[Opening Provided records section]

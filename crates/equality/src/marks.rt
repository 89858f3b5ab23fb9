//! Marks that are set while explaining, and are clear again on every way out.
ghost use Rattle.std.specs.Prelude.{◌≡◌, ℕ, false, length, slice_index_or};

/// Holds the mark table while marks are set; dropping it clears every mark.
pub(crate) struct Marks<'a> {
    pub(crate) table: &'a mut [bool],
}

impl Drop for Marks<'_> {
    fn drop(self)
        ensures long { length self.exit.0.now ≡ length self.entry.table.now }
        ensures clear { (k : ℕ) → slice_index_or self.exit.0.now k false ≡ false }
    {
        let Marks { table } = self;
        table.fill(false);
    }
}
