//! What records a theory may be made of.
ghost use Rattle.std.specs.Prelude.{ℕ, ◌<◌, ◌≤◌, IsTrue, ◌↔◌, MatchResult};
ghost use Rattle.theory.specs.Terms.{Arities};
ghost use Rattle.congruence.specs.Table.{arg, Lower};
ghost use Rattle.equality.specs.Checks.{Sound, Barred};

use congruence::Claim;
use theory::term::within_limits;
use theory::{Refusal, Term};

/// Whether the arguments of a term are lower than `k`.
fn arguments_below(t: &Term, k: usize) -> bool
    requires { t.now.arity ≤ 2 }
    ensures { IsTrue result ↔ ((i : ℕ) → i < t.now.arity → arg t.now i < k) }
{
    t.args[..usize::from(t.arity)]
        .iter()
        .all(|a| usize::from(*a) < k)
}

/// Whether each argument is lower than its own term.
fn lower_arguments(terms: &[Term]) -> bool
    requires { Arities 2 terms.now }
    ensures { IsTrue result ↔ Lower terms.now }
{
    // A loop, since what `arguments_below` asks is known of the table's terms alone.
    for (k, t) in terms.iter().enumerate() {
        if !arguments_below(t, k) {
            return false;
        }
    }
    true
}

/// Checks records for a theory: each cause of refusal over the whole input before the next.
pub(crate) fn check(terms: &[Term], claims: &[Claim]) -> Result<(), Refusal>
    ensures { MatchResult result
        (λ _. Sound terms.now claims.now) (λ e. Barred terms.now claims.now e) }
{
    if !within_limits(terms, claims.len(), 2) {
        return Err(Refusal::PastLimit);
    }
    if !lower_arguments(terms) {
        return Err(Refusal::ArgumentNotLower);
    }
    // As in the other theory, but for the record: a trait for two fields would be longer than the
    // test.
    let m = terms.len();
    if !claims
        .iter()
        .all(|c| usize::from(c.left) < m && usize::from(c.right) < m)
    {
        return Err(Refusal::NoSuchTerm);
    }
    Ok(())
}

[Closing Provided records section]

# Problem details
Print every entry exactly as it appears.

# Worked solution
filename crates/equality/src/marks.rt
repository 89858f3b5ab23fb9
//! Marks that are set while explaining, and are clear again on every way out.
ghost use Rattle.std.specs.Prelude.{◌≡◌, ℕ, false, length, slice_index_or};

/// Holds the mark table while marks are set; dropping it clears every mark.
pub(crate) struct Marks<'a> {
    pub(crate) table: &'a mut [bool],
}

impl Drop for Marks<'_> {
    fn drop(self)
        ensures long { length self.exit.0.now ≡ length self.entry.table.now }
        ensures clear { (k : ℕ) → slice_index_or self.exit.0.now k false ≡ false }
    {
        let Marks { table } = self;
        table.fill(false);
    }
}
//! What records a theory may be made of.
ghost use Rattle.std.specs.Prelude.{ℕ, ◌<◌, ◌≤◌, IsTrue, ◌↔◌, MatchResult};
ghost use Rattle.theory.specs.Terms.{Arities};
ghost use Rattle.congruence.specs.Table.{arg, Lower};
ghost use Rattle.equality.specs.Checks.{Sound, Barred};

use congruence::Claim;
use theory::term::within_limits;
use theory::{Refusal, Term};

/// Whether the arguments of a term are lower than `k`.
fn arguments_below(t: &Term, k: usize) -> bool
    requires { t.now.arity ≤ 2 }
    ensures { IsTrue result ↔ ((i : ℕ) → i < t.now.arity → arg t.now i < k) }
{
    t.args[..usize::from(t.arity)]
        .iter()
        .all(|a| usize::from(*a) < k)
}

/// Whether each argument is lower than its own term.
fn lower_arguments(terms: &[Term]) -> bool
    requires { Arities 2 terms.now }
    ensures { IsTrue result ↔ Lower terms.now }
{
    // A loop, since what `arguments_below` asks is known of the table's terms alone.
    for (k, t) in terms.iter().enumerate() {
        if !arguments_below(t, k) {
            return false;
        }
    }
    true
}

/// Checks records for a theory: each cause of refusal over the whole input before the next.
pub(crate) fn check(terms: &[Term], claims: &[Claim]) -> Result<(), Refusal>
    ensures { MatchResult result
        (λ _. Sound terms.now claims.now) (λ e. Barred terms.now claims.now e) }
{
    if !within_limits(terms, claims.len(), 2) {
        return Err(Refusal::PastLimit);
    }
    if !lower_arguments(terms) {
        return Err(Refusal::ArgumentNotLower);
    }
    // As in the other theory, but for the record: a trait for two fields would be longer than the
    // test.
    let m = terms.len();
    if !claims
        .iter()
        .all(|c| usize::from(c.left) < m && usize::from(c.right) < m)
    {
        return Err(Refusal::NoSuchTerm);
    }
    Ok(())
}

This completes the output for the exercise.